Вышло удачнее и осмысленнее. Успокоившись, продолжили разговор, на сей раз выглядевшим естественным продолжением совокупления, а не послесловием к нему.
- Хотелось бы честно осмыслить происшедшее, - сказала Агнесс.
- Зачем?
- Нас случили, как слепых котят, и если не разберёмся сами, трудно будет тянуть силком надетую на нас лямку.
- На меня ничего силком не надевали, - радуясь возможности возразить, сказал Эдуардо. - Да и тебя, похоже, никто не насиловал. Разве что в своём индивидуальном восприятии принимаешь желаемое за действительное. Потерпим. Время лечит. Не всегда надёжно, но это уж как кому повезёт.
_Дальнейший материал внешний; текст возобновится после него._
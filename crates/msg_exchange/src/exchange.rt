ghost use Rattle.std.specs.Prelude.{◌≡◌, ◌≢◌, ℕ, ◌+◌, ◌-◌, ◌<◌, ◌≤◌, ◌==◌, ◌++◌, List, [], length, take, Bool, true, false, None, IfOk, OnOk, OnErr};
ghost use Rattle.std.specs.Option.{is_some};
ghost use Rattle.tmc_wire.specs.declared.header.OutHeader.TheVariants.{Message};
ghost use Rattle.tmc_wire.specs.Transfer.{OutText};
ghost use Rattle.instr_plain.specs.declared.log.LogEntry.TheVariants as entry;
ghost use Rattle.instr_plain.specs.Standing.{polled_byte};
ghost use Rattle.instr_plain.specs.Exec.{response_most};
ghost use Rattle.tmc_law.specs.Endpoint.{BulkOut};
ghost use Rattle.tmc_law.specs.State.{State, Transfer};
ghost use Rattle.tmc_law.specs.Logging.{Logs};
ghost use Rattle.tmc_law.specs.Halts.{halts};
ghost use Rattle.tmc_law.specs.Aborts.{cleared};
ghost use Rattle.tmc_law.specs.BulkOut.{message_most, Interrupts, TakesEffect, Executes};
ghost use Rattle.msg_exchange.specs.Held.{nothing_held, Holds, led_to};
ghost use Rattle.msg_exchange.specs.Parts.{alignment_most};

use bytes::BytesMut;
use instr_plain::{Instrument, RemoteAct};
use std::alloc::Global;
use std::marker::Model;
use tmc_base::{Memory, Octets};
use tmc_law::{Log, LogEntry};

/// The most bytes of a program message.
const MESSAGE_MAX: usize = 4_096;

/// The most alignment bytes of a transfer, which come behind its data.
const ALIGNMENT_MAX: usize = 3;

/// The instrument, the message that is unfinished or waits, and the log.
///
/// A call that logs has the condition that [`reserve`](Exchange::reserve) made room for an entry since the last one
/// that did, and then cannot fail.
#[derive(Drop)]
pub struct Exchange {
    alloc: Global,
    instrument: Instrument,
    /// The message that is unfinished or waits, and behind one that is unfinished what has come of its next part.
    message: Vec<u8>,
    /// How many of these bytes took effect.
    part_len: usize,
    /// The number of the submit that ended the message, where it waits.
    ended_by: Option<u32>,
    log: Log,
}

impl Model for Exchange {
    ghost use Rattle.std.specs.Prelude.{ℕ, ◌≤◌, List, [], Option, Some, None, length, vec_capacity};
    ghost use Rattle.msg_exchange.specs.Held.{Kept};
    ghost use Rattle.msg_exchange.specs.Parts.{part_of, waiting_of, coming_of, IsBuffer};

    ghost Value = { Kept };

    ghost view = { λ a. record {
      held = record {
        part = part_of a.ended_by a.part_len a.message.items;
        waiting = waiting_of a.ended_by a.part_len a.message.items;
        log = a.log.entries;
        standing = a.instrument;
      };
      coming = coming_of a.ended_by a.part_len a.message.items;
      room = a.log.room;
    } };

    ghost invariant = { λ a. IsBuffer a.part_len (length a.message.items) (vec_capacity a.message) };
}

impl Exchange {
    /// At power-on. Takes the memory of the longest message and of the longest response.
    pub fn new(alloc: Global) -> Result<Exchange, Memory>
        ensures { IfOk result (λ exchange. exchange.held ≡ nothing_held) }
    {
        Ok(Exchange {
            alloc,
            instrument: Instrument::new(alloc)?,
            message: Vec::with_capacity(alloc, MESSAGE_MAX + ALIGNMENT_MAX)?,
            part_len: 0,
            ended_by: None,
            log: Log::new(alloc),
        })
    }

    /// Makes room for one log entry. After [`Memory`] nothing has changed.
    pub fn reserve(&mut self) -> Result<(), Memory>
        ensures room { OnOk result (self.new.room ≡ 1) }
        ensures held { self.new.held ≡ self.old.held }
        ensures coming { self.new.coming ≡ self.old.coming }
    {
        self.log.reserve()
    }

    /// The transfer of a part begins, and nothing has come of it. What had come of another one is dropped.
    pub fn begin_part(&mut self)
        ensures held { self.new.held ≡ self.old.held }
        ensures coming { self.new.coming ≡ [] }
        ensures room { self.new.room ≡ self.old.room }
    {
        self.message.truncate(self.part_len);
    }

    /// More bytes of that transfer have come, behind its header. They have no effect yet.
    pub fn extend_part(&mut self, bytes: &[u8])
        requires none_waits { self.old.held.waiting ≡ None }
        requires fits { length self.old.held.part + length self.old.coming + length bytes.now ≤ message_most + alignment_most }
        ensures held { self.new.held ≡ self.old.held }
        ensures coming { self.new.coming ≡ self.old.coming ++ bytes.now }
        ensures room { self.new.room ≡ self.old.room }
    {
        match self.message.extend_from_slice(bytes) {
            Ok(()) => (),
            Err(_) => unreachable!(),
        }
    }

    /// The part that has come takes effect, that of the submit `seq`: the first `size` bytes, since alignment bytes come behind
    /// them. Where it is the first part of a message, it drops a response that is unread (IEEE 488.2, section 6.3.2.3); with
    /// `eom` it is the last one, and the message waits for execution.
    pub fn end_part(&mut self, seq: u32, size: usize, eom: bool)
        requires room { 0 < self.old.room }
        requires none_waits { self.old.held.waiting ≡ None }
        requires some { 0 < size }
        requires come { size ≤ length self.old.coming }
        requires fits { length self.old.held.part + size ≤ message_most }
        ensures takes_effect { (s : State) (transfer : Transfer) (tag most : ℕ) → Holds s self.old.held →
            transfer.header ≡ Message tag most eom → OutText transfer.header (take size self.old.coming) transfer.taken →
            TakesEffect seq transfer s (led_to s self.new.held) }
        ensures coming { self.new.coming ≡ [] }
        ensures room { self.old.room ≤ self.new.room + 1 }
    {
        self.interrupt_unread();
        self.part_len += size;
        self.message.truncate(self.part_len);
        if eom {
            self.ended_by = Some(seq);
        }
    }

    /// A part of a message takes effect as [`end_part`](Exchange::end_part) says, one that comes whole. What had come of
    /// another one is dropped.
    pub fn accept_part(&mut self, seq: u32, part: &[u8], eom: bool)
        requires room { 0 < self.old.room }
        requires none_waits { self.old.held.waiting ≡ None }
        requires some { 0 < length part.now }
        requires fits { length self.old.held.part + length part.now ≤ message_most }
        ensures takes_effect { (s : State) (transfer : Transfer) (tag size : ℕ) → Holds s self.old.held →
            transfer.header ≡ Message tag size eom → OutText transfer.header part.now transfer.taken →
            TakesEffect seq transfer s (led_to s self.new.held) }
        ensures coming { self.new.coming ≡ [] }
        ensures room { self.old.room ≤ self.new.room + 1 }
    {
        self.begin_part();
        self.extend_part(part);
        self.end_part(seq, part.len(), eom);
    }

    /// Before the first part of a message, a response that is unread is dropped.
    fn interrupt_unread(&mut self)
        requires { 0 < self.old.room }
        ensures interrupts { (s : State) → Holds s self.old.held → Interrupts s (led_to s self.new.held) }
        ensures part { self.new.held.part ≡ self.old.held.part }
        ensures waiting { self.new.held.waiting ≡ self.old.held.waiting }
        ensures coming { self.new.coming ≡ self.old.coming }
        ensures room { self.old.room ≤ self.new.room + 1 }
    {
        if self.part().is_empty() && !self.instrument.response().is_empty() {
            self.instrument.interrupt();
            self.log.push(LogEntry::Interrupt);
        }
    }

    /// Executes the message that waits. Its response becomes the unread output, and is empty where nothing answers. After
    /// [`Memory`] nothing has changed.
    pub fn run(&mut self) -> Result<(), Memory>
        requires { self.old.held.waiting ≢ None }
        ensures executes { OnOk result ((s : State) → Holds s self.old.held → Executes s (led_to s self.new.held)) }
        ensures err { OnErr result (self.new.held ≡ self.old.held) }
        ensures coming { self.new.coming ≡ self.old.coming }
    {
        let Some(seq) = self.ended_by else {
            unreachable!()
        };
        let bytes = &self.message[..self.part_len];
        let message = Octets::from_slice(self.alloc, bytes)?;
        self.log.reserve()?;
        self.instrument.execute(bytes)?;
        self.log.push(LogEntry::Exec { seq, message });
        self.message.clear();
        self.part_len = 0;
        self.ended_by = None;
        Ok(())
    }

    /// A piece of the response begins: its next `n` bytes are read, and appended to `out`. Whether they end the response.
    pub fn give(&mut self, n: usize, out: &mut BytesMut) -> bool
        requires room { 0 < self.old.room }
        requires some { 0 < n }
        requires unread { n ≤ length self.old.held.standing.unread }
        requires spare { n ≤ out.old.spare }
        ensures took { (s : State) → Holds s self.old.held → Logs (entry.Took n) s (led_to s self.new.held) }
        ensures given { out.new.items ≡ out.old.items ++ take n self.old.held.standing.unread }
        ensures spare { out.new.spare + n ≡ out.old.spare }
        ensures ends { result ≡ (n == length self.old.held.standing.unread) }
        ensures room { self.new.room + 1 ≡ self.old.room }
        ensures coming { self.new.coming ≡ self.old.coming }
    {
        let unread = self.instrument.response();
        let ends = n == unread.len();
        out.extend_reserved(&unread[..n]);
        self.instrument.took(n);
        self.log.push(LogEntry::Took { n: n as u32 });
        ends
    }

    /// Bulk-OUT halts, which drops the unfinished message and what has come of its next part.
    pub fn drop_part(&mut self)
        ensures halts { (s : State) → Holds s self.old.held → Holds (halts BulkOut s) self.new.held }
        ensures coming { self.new.coming ≡ [] }
        ensures room { self.new.room ≡ self.old.room }
    {
        if self.ended_by.is_none() {
            self.message.clear();
            self.part_len = 0;
        }
    }

    /// A clear drops the unfinished message with what has come of its next part, the one that waits and the unread output.
    pub fn clear(&mut self)
        requires { 0 < self.old.room }
        ensures clears { (s : State) → Holds s self.old.held → Logs entry.Clear (cleared s) (led_to (cleared s) self.new.held) }
        ensures coming { self.new.coming ≡ [] }
        ensures room { self.new.room + 1 ≡ self.old.room }
    {
        self.message.clear();
        self.part_len = 0;
        self.ended_by = None;
        self.instrument.clear();
        self.log.push(LogEntry::Clear);
    }

    /// A response is requested where none is unread (IEEE 488.2, section 6.3.2.2).
    pub fn bare(&mut self)
        requires { 0 < self.old.room }
        ensures bare { (s : State) → Holds s self.old.held → Logs entry.Bare s (led_to s self.new.held) }
        ensures room { self.new.room + 1 ≡ self.old.room }
        ensures coming { self.new.coming ≡ self.old.coming }
    {
        self.instrument.bare();
        self.log.push(LogEntry::Bare);
    }

    /// The transfer of the submit `seq` triggers one acquisition.
    pub fn trigger(&mut self, seq: u32)
        requires { 0 < self.old.room }
        ensures triggers { (s : State) → Holds s self.old.held → Logs (entry.Trigger seq) s (led_to s self.new.held) }
        ensures room { self.new.room + 1 ≡ self.old.room }
        ensures coming { self.new.coming ≡ self.old.coming }
    {
        self.instrument.trigger();
        self.log.push(LogEntry::Trigger { seq });
    }

    /// Polls the status byte for the submit `seq`, which takes RQS back behind it (IEEE 488.2, section 11.2.2.1).
    pub fn poll(&mut self, seq: u32) -> u8
        requires { 0 < self.old.room }
        ensures byte { result ≡ polled_byte self.old.held.standing }
        ensures polls { (s : State) → Holds s self.old.held → Logs (entry.Poll seq) s (led_to s self.new.held) }
        ensures room { self.new.room + 1 ≡ self.old.room }
        ensures coming { self.new.coming ≡ self.old.coming }
    {
        let byte = self.instrument.poll_status();
        self.log.push(LogEntry::Poll { seq });
        byte
    }

    /// Changes who may operate the instrument.
    pub fn remote(&mut self, act: RemoteAct)
        requires { 0 < self.old.room }
        ensures changes { (s : State) → Holds s self.old.held → Logs (entry.Remote act) s (led_to s self.new.held) }
        ensures room { self.new.room + 1 ≡ self.old.room }
        ensures coming { self.new.coming ≡ self.old.coming }
    {
        self.instrument.remote(act);
        self.log.push(LogEntry::Remote { act });
    }

    /// Whether a message waits for execution.
    pub fn waits(&self) -> bool
        ensures { result ≡ is_some self.now.held.waiting }
    {
        self.ended_by.is_some()
    }

    /// The unfinished message, empty where there is none.
    pub fn part(&self) -> &[u8]
        ensures { result.now ≡ self.now.held.part }
    {
        match self.ended_by {
            None => &self.message[..self.part_len],
            Some(_) => &[],
        }
    }

    /// What has come of the transfer of the next part.
    pub fn coming(&self) -> &[u8]
        ensures { result.now ≡ self.now.coming }
    {
        match self.ended_by {
            None => &self.message[self.part_len..],
            Some(_) => &[],
        }
    }

    /// The bytes of the response that were not read, at most 65,535.
    pub fn unread(&self) -> &[u8]
        ensures unread { result.now ≡ self.now.held.standing.unread }
        ensures short { length result.now ≤ response_most }
    {
        self.instrument.response()
    }

    /// The status byte, with RQS as bit 6. Clears nothing.
    pub fn status(&self) -> u8
        ensures { result ≡ polled_byte self.now.held.standing }
    {
        self.instrument.status()
    }

    /// What happened at the instrument, in order.
    pub fn log(&self) -> &Log
        ensures { result.now.entries ≡ self.now.held.log }
    {
        &self.log
    }
}
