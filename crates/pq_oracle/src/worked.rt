ghost use Rattle.std.specs.Prelude.{◌≡◌, ◌≤◌, [], cond, Some, None};
ghost use Rattle.pq_oracle.specs.Ora.{Ora};
ghost use Rattle.pq_oracle.specs.Outcomes.{WorkedView};

use crate::oracle::{Outcome, rewrite_all};
use pq_gate::{Gate, GateList};
use pq_list::{RoomList, crosses_threads};
use pq_match::Seg;
use pq_rules::Rules;
use std::marker::Model;

/// A segment that was worked: its ticket, the gates that went in, and the oracle's answer to them under the
/// rules. That the answer is the oracle's is kept by the type. It has the gates alone, and nothing else of the
/// segment.
#[derive(Drop)]
pub struct Worked<'r> {
    ticket: u64,
    input: GateList,

    // what the oracle left, or None where that is the input
    output: Option<GateList>,
    outcome: Outcome,
    rules: &'r Rules,
}

impl<'r> Model for Worked<'r> {
    ghost use Rattle.pq_oracle.specs.Outcomes.{WorkedView, answer_of, left_of};
    ghost use Rattle.pq_oracle.specs.Ora.{Ora};

    ghost Value = { WorkedView };

    ghost view = { λ a. record { ticket = a.ticket; input = a.input.items; answer = answer_of (left_of a.input a.output) a.outcome; rules = a.rules.now } };

    ghost invariant = { λ a. Ora a.rules.now a.input.items (answer_of (left_of a.input a.output) a.outcome) };
}

impl<'r> Worked<'r> {
    /// Works the segment, whose gates are those of `input`, and lets go what isn't kept of it. It takes no memory.
    pub fn of(rules: &'r Rules, ticket: u64, input: GateList, seg: Seg) -> Worked<'r>
        requires { seg.items ≡ input.items }
        ensures ticket { result.ticket ≡ ticket }
        ensures input { result.input ≡ input.items }
        ensures rules { result.rules ≡ rules.entry.now }
        ensures oracle { Ora result.rules result.input result.answer }
    {
        let mut seg = seg;
        let outcome = rewrite_all(rules, &mut seg);
        Worked {
            ticket,
            input,
            output: Some(seg.into_held()),
            outcome,
            rules,
        }
    }

    /// Works the segment, whose gates are those of `input`, and leaves it empty for the next ones. The output of an improved
    /// segment is moved out of it, and the empty list `spare`, which has at least the segment's room, takes its place; where
    /// nothing was improved, `spare` is handed back. It takes no memory.
    #[inline(never)]
    pub fn of_lent(
        rules: &'r Rules,
        ticket: u64,
        input: GateList,
        seg: &mut Seg,
        spare: GateList,
    ) -> (Worked<'r>, Option<GateList>)
        requires gates { seg.old.items ≡ input.items }
        requires empty { spare.items ≡ [] }
        requires enough { seg.old.room ≤ spare.room }
        ensures ticket { result.0.ticket ≡ ticket }
        ensures input { result.0.input ≡ input.items }
        ensures rules { result.0.rules ≡ rules.entry.now }
        ensures oracle { Ora result.0.rules result.0.input result.0.answer }
        ensures spare { result.1 ≡ cond result.0.answer.improved None (Some spare) }
        ensures emptied { seg.new.items ≡ [] }
        ensures room { seg.new.room ≡ seg.old.room }
    {
        let outcome = rewrite_all(rules, seg);
        let (output, spare) = if outcome.improved {
            (Some(seg.take_held(spare)), None)
        } else {
            seg.clear();
            (None, Some(spare))
        };
        let worked = Worked {
            ticket,
            input,
            output,
            outcome,
            rules,
        };
        (worked, spare)
    }

    /// The number under which the segment was handed out.
    pub fn ticket(&self) -> u64
        ensures { result ≡ self.now.ticket }
    {
        self.ticket
    }

    /// The gates that went in.
    pub fn input(&self) -> &[Gate]
        ensures { result.now ≡ self.now.input }
    {
        self.input.as_slice()
    }

    /// The gates that the oracle left.
    pub fn output(&self) -> &[Gate]
        ensures output { result.now ≡ self.now.answer.gates }
        ensures oracle { Ora self.now.rules self.now.input self.now.answer }
    {
        self.output.as_ref().unwrap_or(&self.input).as_slice()
    }

    /// Whether there was a redex.
    pub fn improved(&self) -> bool
        ensures improved { result ≡ self.now.answer.improved }
        ensures oracle { Ora self.now.rules self.now.input self.now.answer }
    {
        self.outcome.improved
    }

    /// By how many eighths of a whole turn the input turns more than the output, from 0 to 7.
    pub fn phase(&self) -> u8
        ensures phase { result ≡ self.now.answer.phase }
        ensures oracle { Ora self.now.rules self.now.input self.now.answer }
    {
        self.outcome.phase
    }
}

/// A list of segments that were worked.
pub type WorkedList<'r> = RoomList<Worked<'r>>;

// Worked segments and their lists cross threads.
fn worked_segments_cross_threads() {
    crosses_threads::<Worked<'_>>();
    crosses_threads::<WorkedList<'_>>();
}
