ghost use Rattle.std.specs.Prelude.{◌≡◌, ℕ, ◌<◌, ◌≤◌, ◌↔◌, false, length};
ghost use Rattle.pq_gate.specs.Circuit.{IsCircuit};
ghost use Rattle.pq_gate.specs.Matrix.{Same};
ghost use Rattle.pq_match.specs.Redex.{HasNoRedex};
ghost use Rattle.pq_match.specs.Segment.{held};
ghost use Rattle.pq_oracle.specs.Ora.{Ora};
ghost use Rattle.pq_oracle.specs.Outcomes.{answer_of};

use pq_match::Seg;
use pq_rules::Rules;

/// What came of a segment.
#[derive(Clone, Copy, Debug, PartialEq, Eq)]
pub struct Outcome {
    /// Whether the segment had a redex.
    pub improved: bool,

    /// By how many eighths of a whole turn the old gates turn more than the new ones, from 0 to 7.
    pub phase: u8,
}

/// Rewrites the first redex of a segment, again and again, until there is none: the segment becomes the
/// oracle's answer to it. It takes no memory.
#[tactic(auto, using(crate::proofs::Answering::same, crate::proofs::Answering::unchanged, crate::proofs::Answering::shorter))]
pub fn improve(rules: &Rules, seg: &mut Seg) -> Outcome
    ensures oracle { Ora rules.now seg.old.items (answer_of seg.new.items result) }
    ensures clean { HasNoRedex rules.now seg.new.items }
    ensures same { (n : ℕ) → IsCircuit n seg.old.items → Same n seg.old.items seg.new.items result.phase }
    ensures unchanged { result.improved ≡ false → (seg.new.items ≡ seg.old.items) × (result.phase ≡ 0) }
    ensures improved { result.improved ≡ false ↔ HasNoRedex rules.now seg.old.items }
    ensures shorter { length seg.new.items ≤ length seg.old.items }
    ensures room { seg.new.room ≡ seg.old.room }
{
    let _sound = rules.count();
    let outcome = rewrite_all(rules, seg);
    seg.gather();
    outcome
}

/// The same, but the segment only holds the oracle's answer.
#[tactic(auto, using(crate::proofs::Improving::led_yet, crate::proofs::Improving::first_shorter))]
pub(crate) fn rewrite_all(rules: &Rules, seg: &mut Seg) -> Outcome
    ensures oracle { Ora rules.now seg.old.items (answer_of (held seg.new) result) }
    ensures room { seg.new.room ≡ seg.old.room }
{
    let mut outcome = Outcome {
        improved: false,
        phase: 0,
    };
    let _sound = rules.count();
    seg.load(rules);
    'rewrites: while let Some(phase) = seg.rewrite_first(rules) {
        outcome = Outcome {
            improved: true,
            phase: (outcome.phase + phase) % 8,
        };
    }
    outcome
}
- От долготерпения толку никакого. А ведь в том, что случилось, имелись в виду не наши с тобой интересы. А раз это кому-то выгодно, отчего бы и нам не иметь в этой выгоде свою долю?
- Какую именно?
- Пока не знаю. Но тот, кто распорядился нашими жизнями, должен понимать, что даровой добычей для него быть не собираемся, - дивясь собственным словам, произнесла Агнесс. А то, что Эдуардо с не меньшим удивлением воспринял услышанное, разозлило её. - Что ты уставился на меня, разве я неясно выражаюсь?
- Хотелось бы яснее.
- В конкретику вдаваться нет смысла. Во всяком случае, пока. Но о сексе давай условимся сразу: навсегда вместе, вовсе не означает, что вместе всегда.
- Вот как! И не иначе?
- Нет.
- Почему?
- Потому, что иначе не получится.
- Не нагулялась?
- Моя откровенность не должна давать повода для грубости.
- Странно слышать, когда жена заявляет, что объятий горячо любимого мужа ей недостаточно. Значит, есть тот или те, без которых не обойтись.
- Не будем вдаваться в подробности.
- Но я-то знать должен...
- Всё, что тебе положено, ты знаешь. Поверь, со временем, поймёшь мою правоту.
- А как же любовь?
- Ты серьёзно?
- Любовь в браке должна хотя бы подразумеваться.
- Не отбирай хлеб у святош. Я постараюсь сделать так, чтобы настоящее удовольствие заменяло тебе неизвестно кем придуманные правила.
На том и порешили. Агнесс довольная убедительностью своих доводов, Эдуард, предоставляемой ему свободой, за которую многим мужьям приходится бороться не на живот, а на смерть.